他知道萧阿璃降生后,沈从安立刻派了追兵,分几路围剿燕云十八骑残部,一心要将这襁褓里的幼女斩草除根。
可这份狠厉的盘算终究落了空。
萧阿璃竟如人间蒸发般从江湖绝迹,一隐便是十六年,连半点音讯都无。
他心里比谁都清楚,自始至终,沈从安都把萧策的遗孤和燕云十八骑残部视作心腹大患。
这十六年里,沈从安从未有过半分松懈,日日苦心筹谋,只盼着能将这群人彻底铲除,方能睡得安稳。
直到去年,魏忠带着黑甲卫追去北境边陲,回来时只剩半条命,说“那丫头身边有赵烈等人护着,还会听风辨位”,他才惊觉,当年那个需要裹在襁褓里逃匿的孩子,竟已长成能与魏家抗衡的对手。
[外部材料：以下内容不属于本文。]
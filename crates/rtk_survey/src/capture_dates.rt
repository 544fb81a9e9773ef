//! The epochs of a station in a capture, and what the capture tells of the first of them.

ghost use Rattle.std.specs.Prelude.{◌≡◌};
ghost use Rattle.rtk_survey.specs.CaptureDates.{no_dates, with_tellings, with_waiting_date, with_waiting_week, with_waiting, with_epoch_time, with_date, first_by_own, with_own_moments, earlier_told, earliest_telling, own_moment_of};

use crate::date_message::DateMessage;
use crate::span::Span;
use crate::tellings::{Tellings, Told, first_epoch_told};
use arrayvec::ArrayVec;
use rtk_obs::GpsMs;

/// How many messages wait for the first epoch. Others are passed over.
const MOST_WAITING: usize = 64;

/// How many 1042, 1045 and 1046 wait for it beside them, so that they take the place of none.
const MOST_WAITING_WEEKS: usize = 16;

/// The epochs of a station in a capture, and the first epochs that its messages tell. It has some 3 kB
/// and asks for no memory.
#[derive(Clone, Drop)]
pub struct CaptureDates {
    /// The epochs of the station; `None` if there is none.
    pub span: Option<Span>,
    /// The 1013, 1029 and 1019 that came before the first epoch: the first 64 of them.
    pub waiting: ArrayVec<DateMessage, MOST_WAITING>,
    /// The 1042, 1045 and 1046 that came before the first epoch: the first 16 of them.
    pub waiting_weeks: ArrayVec<DateMessage, MOST_WAITING_WEEKS>,
    /// What messages told of the first epoch.
    pub told: Tellings,
}

// What messages tell, in their order.
fn take_all(told: &mut Tellings, now: GpsMs, station: u16, span: &Span, messages: &[DateMessage])
    ensures { told.new ≡ with_tellings now station span.now messages.now told.old }
{
    for message in messages {
        told.take(now, station, span, message);
    }
}

// The moments that messages name, in their order.
fn take_own_moments(named: &mut Tellings, now: GpsMs, station: u16, messages: &[DateMessage])
    ensures { named.new ≡ with_own_moments now station messages.now named.old }
{
    for message in messages {
        named.take_own_moment(now, station, message);
    }
}

fn earlier_told(known: Option<Told>, told: Told) -> Option<Told>
    ensures { result ≡ earlier_told known told }
{
    match known {
        Some(known) if known.first <= told.first => Some(known),
        _ => Some(told),
    }
}

fn earliest_telling(named: &[Told]) -> Option<Told>
    ensures { result ≡ earliest_telling named.now }
{
    let mut earliest = None;
    for told in named {
        earliest = earlier_told(earliest, *told);
    }
    earliest
}

impl CaptureDates {
    /// Nothing came.
    pub fn new() -> CaptureDates
        ensures { result ≡ no_dates }
    {
        CaptureDates {
            span: None,
            waiting: ArrayVec::new(),
            waiting_weeks: ArrayVec::new(),
            told: Tellings::new(),
        }
    }

    // A 1013, 1029 or 1019 more before the first epoch.
    fn wait_with_date(&mut self, message: DateMessage)
        ensures { self.new ≡ with_waiting_date self.old message }
    {
        if self.waiting.len() < MOST_WAITING {
            self.waiting.push(message);
        }
    }

    // A 1042, 1045 or 1046 more before the first epoch.
    fn wait_with_week(&mut self, message: DateMessage)
        ensures { self.new ≡ with_waiting_week self.old message }
    {
        if self.waiting_weeks.len() < MOST_WAITING_WEEKS {
            self.waiting_weeks.push(message);
        }
    }

    /// A message more that has a date, before the first epoch, as long as no station is known.
    pub fn wait(&mut self, message: DateMessage)
        ensures { self.new ≡ with_waiting self.old message }
    {
        match message {
            DateMessage::Utc(_) | DateMessage::Ephemeris(_) => self.wait_with_date(message),
            DateMessage::OtherEphemeris(_) => self.wait_with_week(message),
        }
    }

    /// An epoch more of this station, by its time of week (DF004, in ms).
    pub fn take_epoch(&mut self, now: GpsMs, station: u16, tow: u32)
        ensures { self.new ≡ with_epoch_time now station self.old tow }
    {
        if let Some(span) = &mut self.span {
            span.take(tow);
            self.told.take_epoch(now, tow);
            return;
        }
        let span = Span::begun(tow);
        take_all(&mut self.told, now, station, &span, self.waiting.as_slice());
        take_all(
            &mut self.told,
            now,
            station,
            &span,
            self.waiting_weeks.as_slice(),
        );
        self.waiting.clear();
        self.waiting_weeks.clear();
        self.span = Some(span);
    }

    /// A message more that has a date. Before the first epoch of the station it waits.
    pub fn take_date(&mut self, now: GpsMs, station: u16, message: DateMessage)
        ensures { self.new ≡ with_date now station self.old message }
    {
        match &self.span {
            None => self.wait(message),
            Some(span) => self.told.take_behind(now, station, span, &message),
        }
    }

    /// The moment that a message names, if no epoch came: the earliest of those that count, as of first epochs.
    pub fn own_moment(&self, now: GpsMs, station: u16) -> Option<Told>
        ensures { result ≡ own_moment_of now station self.now }
    {
        if self.span.is_some() {
            return None;
        }
        let mut named = Tellings::new();
        take_own_moments(&mut named, now, station, self.waiting.as_slice());
        take_own_moments(&mut named, now, station, self.waiting_weeks.as_slice());
        earliest_telling(named.counting())
    }

    /// The first epoch that a message tells, if it is a 1013 or a 1029 of this station and an epoch came.
    pub(crate) fn first_by_own(
        &self,
        now: GpsMs,
        station: u16,
        message: &DateMessage,
    ) -> Option<u64>
        ensures { result ≡ first_by_own now station self.now message.now }
    {
        let span = self.span?;
        match message {
            DateMessage::Utc(date) if date.station == station => {
                first_epoch_told(now, &span, message)
            }
            _ => None,
        }
    }
}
魏强正沉湎在往事的褶皱里,思绪尚未抽离,耳畔却突然撞进黑甲卫残兵抖得发颤的回话:
“回、回大人!李崇他……他给了萧阿璃足足百名雨燕卫!还亲笔拟了密信,命心腹快马加鞭送进京,直交苏学士!”
残兵咽了口凉气,声音压得更低,却藏不住骨子里的忌惮:“萧阿璃还说……说要先去云州,借着流民对她的信任‘辟谣’——可那哪是辟谣啊!”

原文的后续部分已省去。